Assignment.
Using the records below, copy every line that holds the string "whose".

Data excerpts.
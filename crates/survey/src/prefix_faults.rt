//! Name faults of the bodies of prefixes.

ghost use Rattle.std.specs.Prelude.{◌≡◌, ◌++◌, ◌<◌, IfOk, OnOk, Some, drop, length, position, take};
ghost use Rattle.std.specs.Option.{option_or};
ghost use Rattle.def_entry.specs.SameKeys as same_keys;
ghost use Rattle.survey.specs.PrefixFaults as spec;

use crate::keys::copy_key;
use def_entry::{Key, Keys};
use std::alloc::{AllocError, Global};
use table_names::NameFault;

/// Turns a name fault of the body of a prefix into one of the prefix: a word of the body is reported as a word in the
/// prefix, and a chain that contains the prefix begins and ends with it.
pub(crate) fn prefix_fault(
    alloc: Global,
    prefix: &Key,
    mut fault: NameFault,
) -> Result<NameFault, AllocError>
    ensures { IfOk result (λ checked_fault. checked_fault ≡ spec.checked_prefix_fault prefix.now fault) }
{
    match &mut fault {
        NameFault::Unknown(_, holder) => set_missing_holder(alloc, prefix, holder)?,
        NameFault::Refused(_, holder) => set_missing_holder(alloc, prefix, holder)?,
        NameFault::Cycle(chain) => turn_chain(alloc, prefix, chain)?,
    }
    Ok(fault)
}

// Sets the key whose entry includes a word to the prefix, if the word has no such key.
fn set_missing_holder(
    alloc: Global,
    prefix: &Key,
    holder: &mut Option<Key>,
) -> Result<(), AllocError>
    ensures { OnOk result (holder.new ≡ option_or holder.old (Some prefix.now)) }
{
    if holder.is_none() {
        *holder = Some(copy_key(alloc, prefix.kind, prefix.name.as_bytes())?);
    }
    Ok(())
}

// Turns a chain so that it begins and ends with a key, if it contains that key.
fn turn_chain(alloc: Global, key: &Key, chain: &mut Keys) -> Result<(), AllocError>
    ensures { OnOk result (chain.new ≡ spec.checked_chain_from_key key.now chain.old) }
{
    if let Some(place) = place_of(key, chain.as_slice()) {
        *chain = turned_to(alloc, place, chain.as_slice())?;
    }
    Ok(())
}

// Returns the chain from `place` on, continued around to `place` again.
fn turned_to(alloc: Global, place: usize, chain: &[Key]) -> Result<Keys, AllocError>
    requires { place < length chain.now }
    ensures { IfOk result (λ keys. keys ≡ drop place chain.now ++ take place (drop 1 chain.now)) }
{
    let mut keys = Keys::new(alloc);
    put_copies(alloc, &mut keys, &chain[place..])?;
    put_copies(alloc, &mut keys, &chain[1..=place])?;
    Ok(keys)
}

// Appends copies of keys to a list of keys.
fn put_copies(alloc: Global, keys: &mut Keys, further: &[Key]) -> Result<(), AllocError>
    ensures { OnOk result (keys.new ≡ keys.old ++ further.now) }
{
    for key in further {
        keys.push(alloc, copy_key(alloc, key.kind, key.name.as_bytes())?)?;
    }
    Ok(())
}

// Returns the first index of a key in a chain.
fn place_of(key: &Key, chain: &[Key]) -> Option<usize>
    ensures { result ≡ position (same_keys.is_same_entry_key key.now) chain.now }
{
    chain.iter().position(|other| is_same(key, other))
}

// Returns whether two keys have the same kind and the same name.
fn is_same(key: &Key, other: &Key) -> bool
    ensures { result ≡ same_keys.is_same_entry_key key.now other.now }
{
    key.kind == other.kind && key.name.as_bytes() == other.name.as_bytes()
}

* * *

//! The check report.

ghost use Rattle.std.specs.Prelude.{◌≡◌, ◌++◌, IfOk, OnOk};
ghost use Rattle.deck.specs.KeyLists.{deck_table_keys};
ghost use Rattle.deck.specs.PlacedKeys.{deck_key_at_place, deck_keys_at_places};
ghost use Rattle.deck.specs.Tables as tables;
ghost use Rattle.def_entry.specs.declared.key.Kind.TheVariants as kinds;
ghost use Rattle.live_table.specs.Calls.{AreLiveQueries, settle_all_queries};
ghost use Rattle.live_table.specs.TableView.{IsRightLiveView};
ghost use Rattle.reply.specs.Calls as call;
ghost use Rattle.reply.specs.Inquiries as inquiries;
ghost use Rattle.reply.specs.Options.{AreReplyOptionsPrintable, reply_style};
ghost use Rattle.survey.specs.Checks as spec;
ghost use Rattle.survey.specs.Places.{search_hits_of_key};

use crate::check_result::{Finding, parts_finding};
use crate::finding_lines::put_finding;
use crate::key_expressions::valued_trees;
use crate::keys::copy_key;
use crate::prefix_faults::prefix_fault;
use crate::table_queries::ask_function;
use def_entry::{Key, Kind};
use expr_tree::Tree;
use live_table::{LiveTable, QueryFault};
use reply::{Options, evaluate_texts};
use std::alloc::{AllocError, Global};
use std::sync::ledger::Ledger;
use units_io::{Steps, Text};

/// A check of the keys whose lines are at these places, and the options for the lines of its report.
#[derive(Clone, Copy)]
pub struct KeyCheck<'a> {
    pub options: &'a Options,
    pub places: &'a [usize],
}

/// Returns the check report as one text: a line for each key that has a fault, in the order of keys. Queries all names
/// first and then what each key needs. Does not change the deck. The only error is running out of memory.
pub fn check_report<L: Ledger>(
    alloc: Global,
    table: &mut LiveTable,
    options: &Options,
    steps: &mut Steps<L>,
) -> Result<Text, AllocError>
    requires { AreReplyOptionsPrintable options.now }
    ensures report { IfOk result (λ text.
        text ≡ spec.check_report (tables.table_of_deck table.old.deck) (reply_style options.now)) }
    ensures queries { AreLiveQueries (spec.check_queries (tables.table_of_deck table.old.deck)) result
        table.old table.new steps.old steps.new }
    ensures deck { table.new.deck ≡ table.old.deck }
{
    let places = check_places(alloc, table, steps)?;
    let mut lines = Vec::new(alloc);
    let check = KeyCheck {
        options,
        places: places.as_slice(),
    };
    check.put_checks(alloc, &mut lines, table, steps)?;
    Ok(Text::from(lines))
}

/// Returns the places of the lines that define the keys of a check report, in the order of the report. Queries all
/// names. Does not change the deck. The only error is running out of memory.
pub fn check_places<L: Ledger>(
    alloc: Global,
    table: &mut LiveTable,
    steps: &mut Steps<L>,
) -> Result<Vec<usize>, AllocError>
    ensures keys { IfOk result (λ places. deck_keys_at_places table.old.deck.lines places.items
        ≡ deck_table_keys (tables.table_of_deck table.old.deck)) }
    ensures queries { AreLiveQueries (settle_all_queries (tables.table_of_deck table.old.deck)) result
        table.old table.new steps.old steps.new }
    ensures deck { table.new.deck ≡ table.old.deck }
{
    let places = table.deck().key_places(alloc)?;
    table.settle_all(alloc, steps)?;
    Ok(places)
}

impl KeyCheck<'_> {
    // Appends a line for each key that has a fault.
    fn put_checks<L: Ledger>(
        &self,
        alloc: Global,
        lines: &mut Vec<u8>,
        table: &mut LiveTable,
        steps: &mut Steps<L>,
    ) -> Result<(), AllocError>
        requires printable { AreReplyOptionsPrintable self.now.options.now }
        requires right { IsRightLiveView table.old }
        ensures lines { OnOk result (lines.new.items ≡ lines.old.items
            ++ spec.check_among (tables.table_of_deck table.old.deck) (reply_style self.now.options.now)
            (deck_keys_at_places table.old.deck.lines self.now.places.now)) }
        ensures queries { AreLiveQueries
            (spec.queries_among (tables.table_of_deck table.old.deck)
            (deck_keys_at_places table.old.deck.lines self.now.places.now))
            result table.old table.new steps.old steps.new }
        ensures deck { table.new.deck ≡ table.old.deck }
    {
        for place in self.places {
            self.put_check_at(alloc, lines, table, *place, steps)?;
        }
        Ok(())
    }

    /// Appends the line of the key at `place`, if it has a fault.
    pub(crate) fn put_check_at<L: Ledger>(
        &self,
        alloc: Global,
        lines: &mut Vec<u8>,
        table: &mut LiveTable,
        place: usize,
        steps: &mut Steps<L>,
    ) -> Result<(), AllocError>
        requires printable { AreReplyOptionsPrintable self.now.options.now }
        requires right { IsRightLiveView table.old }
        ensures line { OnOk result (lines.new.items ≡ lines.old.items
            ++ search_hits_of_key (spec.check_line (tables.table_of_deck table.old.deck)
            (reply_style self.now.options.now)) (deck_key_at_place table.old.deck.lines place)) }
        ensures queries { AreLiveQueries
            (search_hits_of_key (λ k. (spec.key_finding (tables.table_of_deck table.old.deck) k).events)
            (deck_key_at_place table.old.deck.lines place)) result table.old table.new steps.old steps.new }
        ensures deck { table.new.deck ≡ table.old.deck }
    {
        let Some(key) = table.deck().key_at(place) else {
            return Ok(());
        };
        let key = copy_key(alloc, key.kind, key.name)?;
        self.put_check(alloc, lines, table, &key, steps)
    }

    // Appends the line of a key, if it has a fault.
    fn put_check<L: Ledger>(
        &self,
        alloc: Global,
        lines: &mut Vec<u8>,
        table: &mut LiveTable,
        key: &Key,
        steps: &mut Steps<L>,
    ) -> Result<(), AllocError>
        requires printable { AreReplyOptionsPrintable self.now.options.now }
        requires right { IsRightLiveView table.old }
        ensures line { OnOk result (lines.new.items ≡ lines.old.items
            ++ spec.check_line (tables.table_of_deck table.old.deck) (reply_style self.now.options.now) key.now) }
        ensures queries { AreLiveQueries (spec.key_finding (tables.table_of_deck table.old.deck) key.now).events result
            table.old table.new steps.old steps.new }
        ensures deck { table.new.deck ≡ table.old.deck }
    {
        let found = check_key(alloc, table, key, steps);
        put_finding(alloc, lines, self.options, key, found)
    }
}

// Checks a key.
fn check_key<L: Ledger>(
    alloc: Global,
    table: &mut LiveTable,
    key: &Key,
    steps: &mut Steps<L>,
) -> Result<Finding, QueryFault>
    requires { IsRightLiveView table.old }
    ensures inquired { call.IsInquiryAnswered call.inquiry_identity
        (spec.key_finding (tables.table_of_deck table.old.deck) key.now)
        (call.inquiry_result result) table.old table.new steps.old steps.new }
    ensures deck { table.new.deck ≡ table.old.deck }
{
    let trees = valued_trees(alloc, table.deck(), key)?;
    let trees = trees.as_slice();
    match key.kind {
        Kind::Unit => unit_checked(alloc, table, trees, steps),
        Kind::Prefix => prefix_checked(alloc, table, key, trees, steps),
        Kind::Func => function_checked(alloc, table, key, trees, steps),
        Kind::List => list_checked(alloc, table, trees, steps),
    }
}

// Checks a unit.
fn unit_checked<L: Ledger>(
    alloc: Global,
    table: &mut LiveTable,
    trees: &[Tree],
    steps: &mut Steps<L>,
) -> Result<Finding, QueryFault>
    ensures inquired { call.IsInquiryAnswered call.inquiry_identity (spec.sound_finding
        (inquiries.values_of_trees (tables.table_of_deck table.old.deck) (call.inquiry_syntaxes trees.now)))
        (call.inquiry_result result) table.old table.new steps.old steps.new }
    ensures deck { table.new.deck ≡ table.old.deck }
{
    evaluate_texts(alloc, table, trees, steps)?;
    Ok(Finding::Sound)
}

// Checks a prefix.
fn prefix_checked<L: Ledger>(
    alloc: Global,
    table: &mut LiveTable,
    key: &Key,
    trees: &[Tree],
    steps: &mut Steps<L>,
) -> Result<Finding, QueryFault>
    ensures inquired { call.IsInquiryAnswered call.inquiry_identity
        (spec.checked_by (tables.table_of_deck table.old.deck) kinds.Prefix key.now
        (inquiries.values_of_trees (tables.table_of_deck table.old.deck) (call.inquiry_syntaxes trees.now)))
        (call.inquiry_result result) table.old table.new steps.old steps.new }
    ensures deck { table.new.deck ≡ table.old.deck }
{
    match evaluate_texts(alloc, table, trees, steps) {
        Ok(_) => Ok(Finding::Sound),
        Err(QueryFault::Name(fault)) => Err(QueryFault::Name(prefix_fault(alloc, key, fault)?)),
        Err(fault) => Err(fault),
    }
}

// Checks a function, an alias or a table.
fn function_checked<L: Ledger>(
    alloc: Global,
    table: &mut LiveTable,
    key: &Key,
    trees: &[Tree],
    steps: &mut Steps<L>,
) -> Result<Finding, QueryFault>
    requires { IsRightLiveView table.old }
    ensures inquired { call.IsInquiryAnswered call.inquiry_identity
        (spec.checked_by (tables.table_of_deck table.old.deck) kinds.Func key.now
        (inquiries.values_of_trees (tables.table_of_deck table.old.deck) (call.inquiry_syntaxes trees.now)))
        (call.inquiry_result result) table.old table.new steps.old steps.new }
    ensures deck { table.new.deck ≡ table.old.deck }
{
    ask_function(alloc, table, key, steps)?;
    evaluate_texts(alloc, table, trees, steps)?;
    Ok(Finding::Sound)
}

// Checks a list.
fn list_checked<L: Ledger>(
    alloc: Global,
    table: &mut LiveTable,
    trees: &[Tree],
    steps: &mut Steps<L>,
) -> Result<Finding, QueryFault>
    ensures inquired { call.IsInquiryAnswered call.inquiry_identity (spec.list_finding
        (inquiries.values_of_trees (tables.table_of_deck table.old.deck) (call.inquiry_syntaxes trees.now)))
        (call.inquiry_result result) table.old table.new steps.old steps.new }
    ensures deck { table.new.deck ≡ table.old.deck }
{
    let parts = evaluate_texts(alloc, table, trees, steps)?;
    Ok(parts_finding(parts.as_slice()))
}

Result of this exercise.
// Sets the key whose entry includes a word to the prefix, if the word has no such key.
/// A check of the keys whose lines are at these places, and the options for the lines of its report.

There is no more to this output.